Compared with the above, we explicitly adopt a discrete-time SMC and a recurrent high-order neural network NN that reproduces the dynamics of the 2-DOF manipulator (serving as the predictive plant for indirect control). Within this discrete-time setting, we evaluate the same controller and dataset across BO, PSO, and GA, enabling a direct trade-off reading between accuracy and computation (
Table 2 and
Table 3).
Table 2 shows that PSO attains the lowest steady-state error for Joint 1, while GA attains the lowest for Joint 2 (by a narrow margin), and BO is competitive in both joints. From
Table 3, PSO achieves the shortest optimization time among the three, BO is similar, and GA is noticeably more expensive—consistent with prior reports that PSO offers fast convergence for nonlinear objectives [
28] and that BO is attractive for sample-efficient tuning [
26,
27]. Together with the progression plots and convergence curves, these results contextualize our contribution: a reproducible, apples-to-apples benchmark of discrete-time SMC gain tuning with a recurrent high order NN-based plant model for a 2-DOF robot, revealing that PSO is an excellent first choice when compute is tight, BO is attractive when safe, sample-efficient exploration is needed, and GA can yield competitive accuracy at higher computational cost.

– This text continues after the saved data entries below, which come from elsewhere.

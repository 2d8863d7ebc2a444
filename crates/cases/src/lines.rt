// One line of the input after the other. `calls` has the same loop. It is not shared: the two do other things at each of its steps, so a
// trait would have a function for each, and both programs would still write them all.
use crate::behind::Entry;
use crate::case_lines::case_line;
use crate::desk::Desk;
use crate::list_lines::list_line;
use crate::list_reading::is_list;
use crate::run::Run;
use std::io;
use std::io::Read;
use std::rt::Files;
use text::{Input, Line, Sort};

// More than there are lines and reads in any input.
const TURNS: u64 = 18_446_744_073_709_551_615;

// Every line of the input, and the status: 0 where each was a case or a comment and nothing differs, 2 where a read failed. The buffer is
// no part of the desk, since a line of it is read while the desk is written.
pub(crate) fn run_input(
    rt: &(impl Files + Print),
    source: &mut impl Read,
    errors: &impl Print,
    buffer: &mut [u8],
    desk: &mut Desk,
    run: &mut Run,
) {
    let read = run_lines(rt, source, buffer, desk, run);
    run.put_totals(rt);
    match read {
        Ok(_) => report::say_status(
            rt,
            if run.bad == 0 && run.differ == 0 {
                0
            } else {
                1
            },
        ),
        Err(_) => report::give_up(rt, errors, b"cases: standard input can't be read\n"),
    }
}

// After a read that failed there is nothing more to do: what was read of a line before is no line.
fn run_lines(
    rt: &impl Print,
    source: &mut impl Read,
    buffer: &mut [u8],
    desk: &mut Desk,
    run: &mut Run,
) -> io::Result<()> {
    let mut input = Input::new();
    for _ in 0..TURNS {
        match one_turn(rt, source, buffer, desk, run, input)? {
            Some(next) => input = next,
            None => break,
        }
    }
    Ok(())
}

// A line is used up, or more is read: the input to go on with, or None at its end. What is to be written is written before each read, so
// that someone at a terminal sees it. A struct of source, buffer and input would be taken apart at once: text's functions take them singly.
fn one_turn(
    rt: &impl Print,
    source: &mut impl Read,
    buffer: &mut [u8],
    desk: &mut Desk,
    run: &mut Run,
    input: Input,
) -> io::Result<Option<Input>> {
    let taken = text::take_line(buffer, input);
    match taken.line {
        Line::Whole => {
            run.begin_line();
            run_line(rt, &buffer[taken.from..taken.to], desk, run);
        }
        Line::TooLong => {
            run.begin_line();
            run.bad_line(rt, b" is too long");
        }
        Line::Skipped => {}
        Line::More => {
            run.flush(rt);
            let filled = text::fill(source, buffer, taken.input)?;
            return Ok(Some(filled));
        }
        Line::Ended => return Ok(None),
    }
    Ok(Some(taken.input))
}

fn run_line(rt: &impl Print, line: &[u8], desk: &mut Desk, run: &mut Run) {
    match text::sort_of(line) {
        Sort::Comment => {}
        Sort::Windows => run.bad_line(rt, b" ends in a carriage return"),
        Sort::Plain => match entry_on(line) {
            Some(entry) if is_list(line) => list_line(rt, entry, desk, run),
            Some(entry) => case_line(rt, entry, desk, run),
            None => run.bad_line(rt, b""),
        },
    }
}

// The case on a line ends before ` => `, or at the line's end. An arrow that stands otherwise leaves no case.
fn entry_on(line: &[u8]) -> Option<Entry<'_>> {
    let mark = text::find(line, 0, b'>');
    if mark == line.len() {
        return Some(Entry {
            line,
            case: line,
            recorded: None,
        });
    }
    if mark < 2 {
        return None;
    }
    if !text::is_word(line, mark - 2, mark + 2, b" => ") {
        return None;
    }
    Some(Entry {
        line,
        case: &line[..mark - 2],
        recorded: Some(&line[mark + 1..]),
    })
}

Table 6 shows the mentioned comparison.
Following industry practice, steady state is declared once the trajectory enters and remains within a tolerance band for a dwell time. In accordance with ISO 9283 [
31] “position stabilization time,” the band can be tied to robot repeatability or set as a percentage band (e.g.,
), and the dwell time ensures persistence inside the band. In our experiments (sampling at 1 kHz), we adopt a 0.1 s dwell (100 samples) once the band is entered, and compute steady-state errors over that dwell segment. This aligns with the classical settling-time definition based on tolerance bands used in control theory [
32].
5. Conclusions
This work presented a comprehensive AI-based optimization framework for tuning the gains of a neural discrete-time sliding mode controller applied to a two-degree-of-freedom robotic manipulator. The controller was indirectly implemented through a neural network trained with an EKF, allowing the estimation of the plant dynamics and facilitating robust control under model uncertainties.

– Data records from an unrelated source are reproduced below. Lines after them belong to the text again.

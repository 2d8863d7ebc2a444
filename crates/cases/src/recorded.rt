// Whether what is recorded behind a case is an answer that a scan could have: its name with its values, its steps or none, and its events.
// None says that it is none.
use crate::comparing::eat;
use text::HexFault;

// It stands behind the space that ends the arrow.
pub(crate) fn is_answer(recorded: &[u8]) -> bool {
    match after_answer(recorded, 1) {
        Some(at) => match after_steps(recorded, at, b"| steps ") {
            Some(at) => ends_in_events(recorded, at),
            None => false,
        },
        None => false,
    }
}

// The place past the word, the steps behind it and the space that follows; where the word does not stand there, the same place.
pub(crate) fn after_steps(line: &[u8], from: usize, word: &[u8]) -> Option<usize> {
    match eat(line, from, word) {
        Some(steps) => after_number(line, steps),
        None => Some(from),
    }
}

pub(crate) fn ends_in_events(line: &[u8], from: usize) -> bool {
    match eat(line, from, b"| events").and_then(|at| line.get(at..)) {
        Some(marks) => all_marks(marks),
        None => false,
    }
}

// The place past the answer and the space that follows it.
pub(crate) fn after_answer(line: &[u8], from: usize) -> Option<usize> {
    let end = text::find(line, from, b' ');
    let next = end + 1;
    match line.get(from..end)? {
        b"Nok" | b"TooLong" | b"BadStart" | b"BadCall" => Some(next),
        b"Done" => after_number(line, next),
        b"BadText" | b"NotAscii" | b"Full" => after_place(line, next),
        b"Eof" | b"VerdictError" | b"VerdictEof" => {
            let site = after_place(line, next)?;
            after_number(line, site)
        }
        b"Unexpected" => {
            let site = after_place(line, next)?;
            let note = after_number(line, site)?;
            after_number(line, note)
        }
        b"Asking" => {
            let body = after_place(line, next)?;
            after_bytes(line, body)
        }
        _ => None,
    }
}

// A place with its line and column.
fn after_place(line: &[u8], from: usize) -> Option<usize> {
    let end = text::find(line, from, b' ');
    if is_place(line, from, end) {
        Some(end + 1)
    } else {
        None
    }
}

// `PLACE:LINE:COLUMN`
fn is_place(line: &[u8], from: usize, to: usize) -> bool {
    let first = text::find(line, from, b':');
    let second = text::find(line, first + 1, b':');
    is_number(line, from, first)
        && is_number(line, first + 1, second)
        && is_number(line, second + 1, to)
}

fn is_number(line: &[u8], from: usize, to: usize) -> bool {
    text::decimal(line, from, to).is_some()
}

pub(crate) fn after_number(line: &[u8], from: usize) -> Option<usize> {
    text::read_number(line, from).map(|field| field.next)
}

// Whether the bytes have room anywhere does not matter here.
fn after_bytes(line: &[u8], from: usize) -> Option<usize> {
    let mut space = [0u8; 1];
    let end = text::find(line, from, b' ');
    match text::read_bytes(line, from, end, &mut space) {
        Ok(_) | Err(HexFault::NoRoom) => Some(end + 1),
        Err(HexFault::BadHex) => None,
    }
}

// Whether these are marks of events, each behind a space.
fn all_marks(marks: &[u8]) -> bool {
    match marks.split_first() {
        Some((b' ', rest)) => rest.split(|byte| *byte == b' ').all(|mark| is_mark(mark)),
        Some(_) => false,
        None => true,
    }
}

// `+` or `-`, a name, `@` and an offset with its line and column, and inside a tab how far.
fn is_mark(mark: &[u8]) -> bool {
    if !matches!(mark.first(), Some(b'+' | b'-')) {
        return false;
    }
    let name_end = text::find(mark, 1, b'@');
    name_end != 1 && is_place(mark, name_end + 1, place_end(mark))
}

// Where the place of a mark ends: before `~` and the columns of a tab that are passed, else where the mark does.
fn place_end(mark: &[u8]) -> usize {
    if mark.ends_with(b"~1") || mark.ends_with(b"~2") || mark.ends_with(b"~3") {
        mark.len() - 2
    } else {
        mark.len()
    }
}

Three optimization strategies—Bayesian Optimization (BO), Particle Swarm Optimization (PSO), and Genetic Algorithms (GAs)—were evaluated using a normalized parameter space and surrogate modeling based on Gaussian Processes. The optimization process was driven by the minimization of normalized steady-state tracking errors for both joints of the robot. The normalization framework enabled a unified treatment of the gain space and tracking error costs, improving convergence efficiency and reproducibility.

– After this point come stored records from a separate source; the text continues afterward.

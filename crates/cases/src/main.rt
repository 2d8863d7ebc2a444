// Runs single scans and lists of them: each line of standard input is a case, or a list of jobs on one page. The answer is written
// behind it; where an answer is recorded on the line, it is compared, and both are written only if they differ.
#![tactic(auto)]

mod behind;
mod body;
mod case_lines;
mod comparing;
mod desk;
mod lines;
mod list_comparing;
mod list_lines;
mod list_pieces;
mod list_reading;
mod list_recorded;
mod list_telling;
mod list_writing;
mod reading;
mod recorded;
mod run;
mod running;

use desk::Desk;
use lines::run_input;
use run::Run;
use std::io::Read;
use std::rt::Files;

// Room for the longest line, a page, a body, the words of six events for each byte and the page's end, an answer with its body in
// hex, and what is about to be written.
const LINE_ROOM: usize = 1_572_864;

const PAGE_ROOM: usize = 60_000;

// A body may be half as long again as its page, since a tab that is split is spaces in it.
const SCRATCH_ROOM: usize = PAGE_ROOM + PAGE_ROOM / 2;

const WORD_ROOM: usize = room::AT_EACH_BYTE * (PAGE_ROOM + 1) * events::WIDTH;

const PIECE_ROOM: usize = 196_608;

const TEXT_ROOM: usize = 65_536;

fn main(rt: HostRuntime) {
    let mut source = rt.stdin();
    let errors = rt.stderr();
    let mut buffer = [0u8; LINE_ROOM];
    let mut page = [0u8; PAGE_ROOM];
    let mut words = [0u32; WORD_ROOM];
    let mut scratch = [0u8; SCRATCH_ROOM];
    let mut piece = [0u8; PIECE_ROOM];
    let mut out = [0u8; TEXT_ROOM];
    run_all(
        &rt,
        &mut source,
        &errors,
        &mut buffer,
        &mut page,
        &mut words,
        &mut scratch,
        &mut piece,
        &mut out,
    );
}

// The arrays go on as slices from here, so that nothing is asked about so many elements.
fn run_all(
    rt: &(impl Files + Print),
    source: &mut impl Read,
    errors: &impl Print,
    buffer: &mut [u8; LINE_ROOM],
    page: &mut [u8; PAGE_ROOM],
    words: &mut [u32; WORD_ROOM],
    scratch: &mut [u8; SCRATCH_ROOM],
    piece: &mut [u8; PIECE_ROOM],
    out: &mut [u8; TEXT_ROOM],
) {
    let mut desk = Desk {
        page,
        words,
        scratch,
        piece,
    };
    let mut run = Run::new(out);
    run_input(rt, source, errors, buffer, &mut desk, &mut run);
}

The results demonstrated that all three metaheuristics successfully identified high-performance gain configurations. GAs achieved the lowest tracking cost but at the expense of a significantly higher number of evaluations and computation time. BO and PSO yielded nearly identical results with much lower computational effort. These findings highlight that the proposed methodology provides a flexible and efficient solution for automatic controller tuning, especially in scenarios where analytical models are unavailable or costly to evaluate.
Future work will explore real-time adaptation of controller gains using online learning techniques and extend the optimization framework to multi-objective formulations involving control effort, energy consumption, and robustness metrics.